As described above, the present invention may also be implemented as an audio challenge for visually impaired individuals. Blind people surf the Web using "screen readers," which are programs that read the contents of the screen to the user. Since screen readers are themselves programs, by definition they cannot read the prior art CAPTCHA to their user. Therefore prior art CAPTCHAs based on distorted words block visually impaired individuals from freely navigating the Web. Whereas most implementations of prior art CAPTCHA ignore this issue, the present invention allows the user to hear an audio challenge. For example, the audio challenge may be a sound clip with eight randomly distorted digits, although more or fewer digits may also be used. These digits may come from a library of many digits recorded by specifically for this purpose, or from other audio sources in a manner similar to using documents as a source for visual challenge material. The audio CAPTCHA according to the present invention may also be implemented so as to also provide for the transcription of speech. In the same way that visual CAPTCHAs can be used to transcribe text, audio CAPTCHAs could be used to transcribe speech. Although automated voice recognition technology has advanced significantly, the only way to obtain near perfect accuracy is to use humans.
The results presented here are a mere proof of concept of a more general idea: "wasted" human processing power can be harnessed to solve problems that computers cannot yet solve. In previous work it has been shown that such processing power can be harnessed through computer games: people play these games and, as a result, collectively perform tasks that computers cannot yet perform. See, for example, L. von Ahn. Games With A Purpose. In IEEE Computer Magazine, June 2006. Pages 96-98; L. von Ahn, L. Dabbish. Labeling Images with a Computer Game. In ACM Conference on Human Factors in Computing Systems, CHI 2004. Pages 319-326; and L. von Ahn, R. Liu, M. Blum. Peekaboom: A Game for Locating Objects in Images. In ACM Conference on Human Factors in Computing Systems, CHI 2006. Pages 55-64. Here we have shown that CAPTCHAs constitute another avenue for "reusing" wasted computational power. A related, but different line of work is ASIRRA (J. Elson, J. Douceur, J. Howell. Asirra: A CAPTCHA that Exploits Interest-Aligned Manual Image Categorization. In ACM Conference on Computer and Communications Security, CCS 2007), which has shown that CAPTCHAs can be used for humanitarian purposes. In their system, pictures of cats and dogs are presented to the user, who has to determine which ones are cats and which ones are dogs. The humanitarian twist is that the pictures come from animal shelters: if a user likes one of the cats or dogs, they can adopt them.

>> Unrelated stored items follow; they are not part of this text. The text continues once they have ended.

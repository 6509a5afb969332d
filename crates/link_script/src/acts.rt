//! Calls on the peers of a list, each on the one that serves a connection.
ghost use Rattle.std.specs.Prelude.{◌≡◌, ◌<◌, ◌≤◌, ◌++◌, not, Some, None, length, set};
ghost use Rattle.std.specs.List.{find, position};
ghost use Rattle.chip_sheet.specs.LinkAnswers.{Done, NotYet};
ghost use Rattle.link_script.specs.declared.wanted.Wanted.TheVariants.{ServerAt};
ghost use Rattle.chip_sheet.specs.Windows.{most_read};
ghost use Rattle.link_trait.specs.Calls.{Call, Connect, Accept, Write, Read, SendTo, RecvFrom, Shut, DropConn, writing, linking, accepting, reading, sending, receiving, shutting, WriteFits, ReadFits, ReceiveFits};
ghost use Rattle.link_script.specs.Acting.{is_serving, asked};
ghost use Rattle.link_script.specs.Play.{suits, server_in, peers_by, answer_or, change_first, met_by, refused_by, refusal};

use crate::actor::Actor;
use crate::peer::Connects;
use crate::wanted::Wanted;
use link_trait::{
    Accepting, Addr, ConnId, Linking, Reading, Receiving, Sending, Shutting, Writing,
};

/// The place of the peer that serves a connection.
pub fn serving(actors: &[Actor], c: ConnId) -> Option<usize>
    ensures { result ≡ position (is_serving c) actors.now }
{
    actors.iter().position(|actor| actor.serves(c))
}

/// The place of the first peer that a connection may meet.
fn suiting(actors: &[Actor], wanted: Wanted) -> Option<usize>
    ensures { result ≡ position (suits wanted) actors.now }
{
    actors.iter().position(|actor| actor.suits(wanted))
}

/// Lets a connection ask the first peer that suits.
#[tactic(auto, using(crate::proofs::Changes::change_there, crate::proofs::Changes::stays_none))]
fn ask(actors: &mut [Actor], c: ConnId, wanted: Wanted, tells: bool)
    ensures { actors.new ≡ change_first (suits wanted) (asked c tells) actors.old }
{
    match suiting(actors, wanted) {
        Some(i) => actors[i].ask(c, tells),
        None => {}
    }
}

/// Lets a connection ask the first peer that suits, where none serves it.
#[tactic(auto, using(crate::proofs::Changes::met_there, crate::proofs::Changes::met_none))]
pub fn take(actors: &mut [Actor], c: ConnId, wanted: Wanted, tells: bool)
    ensures { actors.new ≡ met_by tells actors.old c wanted (server_in actors.old c) }
{
    match serving(actors, c) {
        Some(_) => {}
        None => ask(actors, c, wanted, tells),
    }
}

/// What the server that a connection asks says to it, where it does not take it; TimedOut where there is none.
#[tactic(auto, using(crate::proofs::Changes::refused_there, crate::proofs::Changes::refused_none))]
pub fn refusal(actors: &[Actor], to: Addr) -> Linking
    ensures { linking result ≡ refused_by (find (suits (ServerAt to)) actors.now) }
{
    match suiting(actors, Wanted::ServerAt(to)) {
        Some(i) => refusal_of(&actors[i]),
        None => Linking::TimedOut,
    }
}

/// What a server says to a connection that it does not take: NotYet while it owes that, then its word.
fn refusal_of(actor: &Actor) -> Linking
    ensures { linking result ≡ refused_by (Some actor.now) }
{
    if actor.keeps_waiting() {
        Linking::NotYet
    } else {
        worded(actor.word())
    }
}

/// What a server's word says to a connection that it does not take.
fn worded(word: Connects) -> Linking
    ensures { linking result ≡ refusal word }
{
    match word {
        Connects::Refused => Linking::Refused,
        _ => Linking::TimedOut,
    }
}

/// A connection to an address, with the answer where no peer serves it.
#[tactic(auto, using(crate::proofs::Changes::left_there, crate::proofs::Changes::answer_there, crate::proofs::Changes::left_none, crate::proofs::Changes::answer_none))]
pub fn connect(actors: &mut [Actor], c: ConnId, to: Addr, otherwise: Linking) -> Linking
    ensures answer { linking result ≡ answer_or (linking otherwise) (Connect c to) (server_in actors.old c) }
    ensures left { actors.new ≡ peers_by actors.old c (Connect c to) (server_in actors.old c) }
{
    match serving(actors, c) {
        Some(i) => {
            actors[i].set_made(true);
            Linking::Done
        }
        None => otherwise,
    }
}

/// A peer that connects to a port.
#[tactic(auto, using(crate::proofs::Changes::left_there, crate::proofs::Changes::answer_there, crate::proofs::Changes::left_none, crate::proofs::Changes::answer_none))]
pub fn accept(actors: &mut [Actor], c: ConnId, port: u16) -> Accepting
    ensures answer { accepting result ≡ answer_or NotYet (Accept c port) (server_in actors.old c) }
    ensures left { actors.new ≡ peers_by actors.old c (Accept c port) (server_in actors.old c) }
{
    match serving(actors, c) {
        Some(i) => {
            let from = actors[i].addr();
            actors[i].set_made(true);
            Accepting::Done(from)
        }
        None => Accepting::NotYet,
    }
}

/// A write.
#[tactic(auto, using(crate::proofs::Changes::left_there, crate::proofs::Changes::answer_there, crate::proofs::Changes::left_none, crate::proofs::Changes::answer_none))]
pub fn write(actors: &mut [Actor], c: ConnId, piece: &[u8]) -> Writing
    ensures answer { writing result ≡ answer_or NotYet (Write c piece.now) (server_in actors.old c) }
    ensures fits { WriteFits result piece.now }
    ensures left { actors.new ≡ peers_by actors.old c (Write c piece.now) (server_in actors.old c) }
{
    match serving(actors, c) {
        Some(i) => actors[i].write(piece),
        None => Writing::NotYet,
    }
}

/// A read into a buffer that is not empty.
#[tactic(auto, using(crate::proofs::Changes::left_there, crate::proofs::Changes::answer_there, crate::proofs::Changes::left_none, crate::proofs::Changes::answer_none))]
pub fn read(actors: &mut [Actor], c: ConnId, buf: &mut [u8]) -> Reading
    requires { 0 < length buf.old }
    ensures answer { reading result buf.new ≡ answer_or NotYet (Read c (length buf.old)) (server_in actors.old c) }
    ensures fits { ReadFits result buf.new }
    ensures left { actors.new ≡ peers_by actors.old c (Read c (length buf.old)) (server_in actors.old c) }
{
    match serving(actors, c) {
        Some(i) => actors[i].read(buf),
        None => Reading::NotYet,
    }
}

/// A datagram of two parts to an address.
#[tactic(auto, using(crate::proofs::Changes::left_there, crate::proofs::Changes::answer_there, crate::proofs::Changes::left_none, crate::proofs::Changes::answer_none))]
pub fn send_to(
    actors: &mut [Actor],
    c: ConnId,
    port: u16,
    to: Addr,
    head: &[u8],
    tail: &[u8],
) -> Sending
    ensures answer { sending result ≡ answer_or Done (SendTo c port to (head.now ++ tail.now)) (server_in actors.old c) }
    ensures left { actors.new ≡ peers_by actors.old c (SendTo c port to (head.now ++ tail.now)) (server_in actors.old c) }
{
    match serving(actors, c) {
        Some(i) => actors[i].send_to(to, head, tail),
        None => Sending::Done,
    }
}

/// A datagram that came, into a buffer of at least 1472 bytes.
#[tactic(auto, using(crate::proofs::Changes::left_there, crate::proofs::Changes::answer_there, crate::proofs::Changes::left_none, crate::proofs::Changes::answer_none))]
pub fn recv_from(actors: &mut [Actor], c: ConnId, port: u16, buf: &mut [u8]) -> Receiving
    requires { most_read ≤ length buf.old }
    ensures answer { receiving result buf.new ≡ answer_or NotYet (RecvFrom c port (length buf.old)) (server_in actors.old c) }
    ensures fits { ReceiveFits result }
    ensures left { actors.new ≡ peers_by actors.old c (RecvFrom c port (length buf.old)) (server_in actors.old c) }
{
    match serving(actors, c) {
        Some(i) => actors[i].recv_from(buf),
        None => Receiving::NotYet,
    }
}

/// The end of what is sent.
#[tactic(auto, using(crate::proofs::Changes::left_there, crate::proofs::Changes::answer_there, crate::proofs::Changes::left_none, crate::proofs::Changes::answer_none))]
pub fn shut(actors: &mut [Actor], c: ConnId) -> Shutting
    ensures answer { shutting result ≡ answer_or Done (Shut c) (server_in actors.old c) }
    ensures left { actors.new ≡ peers_by actors.old c (Shut c) (server_in actors.old c) }
{
    match serving(actors, c) {
        Some(i) => actors[i].shut(),
        None => Shutting::Done,
    }
}

/// A connection that is forgotten.
#[tactic(auto, using(crate::proofs::Changes::left_there, crate::proofs::Changes::answer_there, crate::proofs::Changes::left_none, crate::proofs::Changes::answer_none))]
pub fn drop_conn(actors: &mut [Actor], c: ConnId)
    ensures answer { Done ≡ answer_or Done (DropConn c) (server_in actors.old c) }
    ensures left { actors.new ≡ peers_by actors.old c (DropConn c) (server_in actors.old c) }
{
    match serving(actors, c) {
        Some(i) => actors[i].set_made(false),
        None => {}
    }
}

Although the present invention has generally been described in terms of specific embodiments and implementations, the present invention is applicable to a wide range of other variations and embodiments. Those and other variations and modifications of the present invention are possible and contemplated, and it is intended that the foregoing specification and the following claims cover such modifications and variations.